▶ **EXERCISE AIM**:
Each line holding the word "tokens" must appear in the answer, copied from the entries.

▶ **DATA RECORDS**:
use crate::expressions::{called, expr, list, resumed};
use crate::levels::Levels;
use crate::parts::{data, maybe_value, maybe_values, order, side, vars};
use crate::reading::{Stop, maybe_index, take, token_group};
use crate::tree::{Base, Function, FunctionName, Index, Statement};
use crate::word::{Word, next, next_is};
use plural_lexer::Token;
use sqlite_items::Boxed;
use std::alloc::Global;

/// The alternatives of a statement that the first token tells apart. A further alternative is a
/// variant here and a row of `start_of`.
#[derive(Clone, Copy, Debug, PartialEq, Eq)]
pub enum Start {
    Empty,
    Ring,
    SetRing,
    Def,
    Poly,
    /// A declaration, or an expression that begins with the function.
    Ideal,
    Module,
    Matrix,
    Option,
    Short,
    Quit,
    /// An assignment, or an expression that begins with a name.
    Name,
    Expr,
}

fn start_of(next: Option<Word>) -> Start
    ensures { result ≡ spec.start_of next }
{
    match next {
        Some(Word::Semicolon) => Start::Empty,
        Some(Word::Ring) => Start::Ring,
        Some(Word::SetRing) => Start::SetRing,
        Some(Word::Def) => Start::Def,
        Some(Word::Poly) => Start::Poly,
        Some(Word::Function(Function::Ideal)) => Start::Ideal,
        Some(Word::Module) => Start::Module,
        Some(Word::Matrix) => Start::Matrix,
        Some(Word::Option) => Start::Option,
        Some(Word::Short) => Start::Short,
        Some(Word::Quit) => Start::Quit,
        Some(Word::Name) => Start::Name,
        _ => Start::Expr,
    }
}

#[tactic(auto, unfolding(crate::specs::Inside::Reading::empty_statement))]
fn empty_statement<'a>(
    bytes: &[u8],
    tokens: &'a [Token],
) -> Result<(Statement, &'a [Token]), Stop<'a>>
    ensures value { spec.Gives bytes.now result (spec.empty_statement (lexemes bytes.now tokens.now)) }
    ensures shorter { IfOk result (λ x. length x.1.now < length tokens.now) }
{
    let (semicolon, rest) = take(bytes, tokens, Word::Semicolon)?;
    Ok((Statement::Empty { semicolon }, rest))
}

▶ **RESULT OF THIS TASK**:
    tokens: &'a [Token],
    ensures value { spec.Gives bytes.now result (spec.empty_statement (lexemes bytes.now tokens.now)) }
    ensures shorter { IfOk result (λ x. length x.1.now < length tokens.now) }
    let (semicolon, rest) = take(bytes, tokens, Word::Semicolon)?;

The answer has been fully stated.